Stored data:
BEGIN

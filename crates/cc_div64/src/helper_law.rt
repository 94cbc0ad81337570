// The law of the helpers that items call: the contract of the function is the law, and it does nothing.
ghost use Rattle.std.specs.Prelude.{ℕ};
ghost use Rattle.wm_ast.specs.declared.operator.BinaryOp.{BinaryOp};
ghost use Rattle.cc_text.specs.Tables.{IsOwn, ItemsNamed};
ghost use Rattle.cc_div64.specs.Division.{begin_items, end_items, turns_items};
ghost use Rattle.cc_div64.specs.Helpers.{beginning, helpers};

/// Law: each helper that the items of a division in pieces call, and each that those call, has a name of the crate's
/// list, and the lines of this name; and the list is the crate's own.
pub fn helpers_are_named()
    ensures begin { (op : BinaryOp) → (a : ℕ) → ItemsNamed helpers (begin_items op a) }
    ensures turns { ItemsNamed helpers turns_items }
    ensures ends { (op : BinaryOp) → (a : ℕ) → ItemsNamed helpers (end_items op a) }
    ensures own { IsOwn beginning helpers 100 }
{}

END
BEGIN

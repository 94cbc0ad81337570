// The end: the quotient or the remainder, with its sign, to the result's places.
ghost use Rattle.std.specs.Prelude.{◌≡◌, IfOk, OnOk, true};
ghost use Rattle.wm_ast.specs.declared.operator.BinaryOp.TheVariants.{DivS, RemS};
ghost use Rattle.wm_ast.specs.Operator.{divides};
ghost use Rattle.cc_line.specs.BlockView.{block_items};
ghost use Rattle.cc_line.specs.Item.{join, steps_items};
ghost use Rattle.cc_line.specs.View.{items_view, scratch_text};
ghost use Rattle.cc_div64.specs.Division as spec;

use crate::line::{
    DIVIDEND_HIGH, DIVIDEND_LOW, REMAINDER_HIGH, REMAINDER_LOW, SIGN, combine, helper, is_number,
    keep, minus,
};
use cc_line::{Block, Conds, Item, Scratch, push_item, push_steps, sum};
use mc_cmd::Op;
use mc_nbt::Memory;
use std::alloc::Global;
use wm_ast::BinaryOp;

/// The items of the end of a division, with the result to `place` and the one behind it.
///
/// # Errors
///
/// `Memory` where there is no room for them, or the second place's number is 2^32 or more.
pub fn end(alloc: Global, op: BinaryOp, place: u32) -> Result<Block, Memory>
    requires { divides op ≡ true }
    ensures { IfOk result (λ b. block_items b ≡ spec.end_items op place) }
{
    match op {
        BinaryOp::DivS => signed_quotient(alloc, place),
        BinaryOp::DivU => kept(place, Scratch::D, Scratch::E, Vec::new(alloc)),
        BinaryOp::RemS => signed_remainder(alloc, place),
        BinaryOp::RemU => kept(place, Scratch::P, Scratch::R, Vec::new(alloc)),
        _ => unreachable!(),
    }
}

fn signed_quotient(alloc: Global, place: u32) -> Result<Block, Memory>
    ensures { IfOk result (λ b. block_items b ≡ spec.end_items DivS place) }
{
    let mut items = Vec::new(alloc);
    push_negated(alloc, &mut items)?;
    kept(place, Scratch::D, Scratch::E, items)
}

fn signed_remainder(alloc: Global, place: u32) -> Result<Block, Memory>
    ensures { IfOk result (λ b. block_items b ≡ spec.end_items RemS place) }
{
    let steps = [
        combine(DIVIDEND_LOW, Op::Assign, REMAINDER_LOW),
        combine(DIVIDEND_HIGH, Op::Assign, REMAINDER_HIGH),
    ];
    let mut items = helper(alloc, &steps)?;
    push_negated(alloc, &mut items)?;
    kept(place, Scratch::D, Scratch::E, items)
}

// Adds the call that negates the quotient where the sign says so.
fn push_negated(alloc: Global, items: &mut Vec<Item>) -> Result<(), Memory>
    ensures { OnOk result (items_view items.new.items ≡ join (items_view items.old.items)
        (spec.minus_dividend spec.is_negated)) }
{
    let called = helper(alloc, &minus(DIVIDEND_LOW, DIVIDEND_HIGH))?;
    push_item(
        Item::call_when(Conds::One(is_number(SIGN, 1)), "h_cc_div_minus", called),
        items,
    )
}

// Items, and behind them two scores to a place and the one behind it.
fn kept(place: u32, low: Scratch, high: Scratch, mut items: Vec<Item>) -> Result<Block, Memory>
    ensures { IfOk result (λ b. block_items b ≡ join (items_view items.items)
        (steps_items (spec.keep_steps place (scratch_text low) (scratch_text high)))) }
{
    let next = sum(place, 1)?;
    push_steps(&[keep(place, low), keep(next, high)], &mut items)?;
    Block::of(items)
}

END

### What you will do:
Beginning with the line that has "use wm_ast::BinaryOp;" and ending with the line that has "2^32 or more.", set down the lines above exactly and include no others.

### Problem solution:
use wm_ast::BinaryOp;

/// The items of the end of a division, with the result to `place` and the one behind it.
///
/// # Errors
///
/// `Memory` where there is no room for them, or the second place's number is 2^32 or more.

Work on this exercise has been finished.